> [Dataset entries]:
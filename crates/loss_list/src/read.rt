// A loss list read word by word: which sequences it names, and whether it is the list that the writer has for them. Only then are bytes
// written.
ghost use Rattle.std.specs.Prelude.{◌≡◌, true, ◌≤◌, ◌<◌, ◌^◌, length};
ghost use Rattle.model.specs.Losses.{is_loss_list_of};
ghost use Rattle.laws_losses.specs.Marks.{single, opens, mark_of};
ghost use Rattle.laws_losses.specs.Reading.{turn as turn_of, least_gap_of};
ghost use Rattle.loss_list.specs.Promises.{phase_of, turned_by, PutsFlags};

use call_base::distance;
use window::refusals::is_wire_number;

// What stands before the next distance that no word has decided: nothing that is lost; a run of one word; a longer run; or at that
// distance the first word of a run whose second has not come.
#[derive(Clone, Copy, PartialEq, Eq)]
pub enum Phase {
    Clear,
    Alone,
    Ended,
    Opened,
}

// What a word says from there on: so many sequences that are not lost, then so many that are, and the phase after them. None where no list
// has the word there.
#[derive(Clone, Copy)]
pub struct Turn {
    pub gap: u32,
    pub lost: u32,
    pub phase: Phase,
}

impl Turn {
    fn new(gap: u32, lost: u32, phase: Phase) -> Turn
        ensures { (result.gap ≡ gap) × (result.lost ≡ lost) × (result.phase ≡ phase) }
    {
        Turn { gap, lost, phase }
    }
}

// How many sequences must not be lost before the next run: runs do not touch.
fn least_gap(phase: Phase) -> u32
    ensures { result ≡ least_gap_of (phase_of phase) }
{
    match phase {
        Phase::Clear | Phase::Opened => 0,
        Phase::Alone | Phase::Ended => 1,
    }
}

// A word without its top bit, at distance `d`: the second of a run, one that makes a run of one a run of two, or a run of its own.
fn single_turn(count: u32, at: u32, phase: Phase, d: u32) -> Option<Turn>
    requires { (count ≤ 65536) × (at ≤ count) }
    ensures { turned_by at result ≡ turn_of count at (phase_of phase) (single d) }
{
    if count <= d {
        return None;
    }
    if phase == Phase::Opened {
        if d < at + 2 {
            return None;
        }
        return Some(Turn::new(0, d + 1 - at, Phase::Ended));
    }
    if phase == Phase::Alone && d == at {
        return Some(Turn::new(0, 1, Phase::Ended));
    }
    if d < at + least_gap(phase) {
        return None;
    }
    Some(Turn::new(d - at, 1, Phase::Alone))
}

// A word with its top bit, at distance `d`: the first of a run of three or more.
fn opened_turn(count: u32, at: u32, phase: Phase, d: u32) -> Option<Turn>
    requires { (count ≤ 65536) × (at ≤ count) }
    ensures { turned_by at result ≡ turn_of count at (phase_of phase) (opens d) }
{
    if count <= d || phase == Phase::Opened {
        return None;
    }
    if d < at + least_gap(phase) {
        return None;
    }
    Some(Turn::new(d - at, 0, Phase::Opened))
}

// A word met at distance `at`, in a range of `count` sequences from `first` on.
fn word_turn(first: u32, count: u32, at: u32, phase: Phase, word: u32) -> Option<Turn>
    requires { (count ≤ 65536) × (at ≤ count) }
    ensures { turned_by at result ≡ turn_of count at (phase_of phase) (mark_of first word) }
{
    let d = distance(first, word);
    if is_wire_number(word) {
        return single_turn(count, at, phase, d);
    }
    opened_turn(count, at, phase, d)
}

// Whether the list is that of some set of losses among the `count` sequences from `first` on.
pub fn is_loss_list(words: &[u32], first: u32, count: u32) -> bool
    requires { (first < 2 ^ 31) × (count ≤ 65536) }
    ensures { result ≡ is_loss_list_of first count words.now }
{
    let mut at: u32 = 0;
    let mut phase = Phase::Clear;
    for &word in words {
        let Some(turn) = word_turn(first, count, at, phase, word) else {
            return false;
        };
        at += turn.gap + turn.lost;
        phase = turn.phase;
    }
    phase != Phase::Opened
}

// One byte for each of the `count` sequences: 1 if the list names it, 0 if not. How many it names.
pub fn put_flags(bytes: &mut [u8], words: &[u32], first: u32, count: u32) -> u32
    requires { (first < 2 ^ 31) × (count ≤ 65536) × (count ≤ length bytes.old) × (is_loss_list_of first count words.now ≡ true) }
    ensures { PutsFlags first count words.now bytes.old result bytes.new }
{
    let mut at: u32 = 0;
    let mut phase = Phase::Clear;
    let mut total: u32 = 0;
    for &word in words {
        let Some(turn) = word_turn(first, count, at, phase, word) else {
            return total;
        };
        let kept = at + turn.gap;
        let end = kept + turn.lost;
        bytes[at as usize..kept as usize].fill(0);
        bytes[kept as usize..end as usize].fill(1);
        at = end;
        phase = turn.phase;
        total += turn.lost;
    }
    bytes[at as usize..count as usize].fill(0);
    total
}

> [Aim of the task]: If a line in the entries holds the word "Clear", count it. Report the total only.

> [Answer section]: 4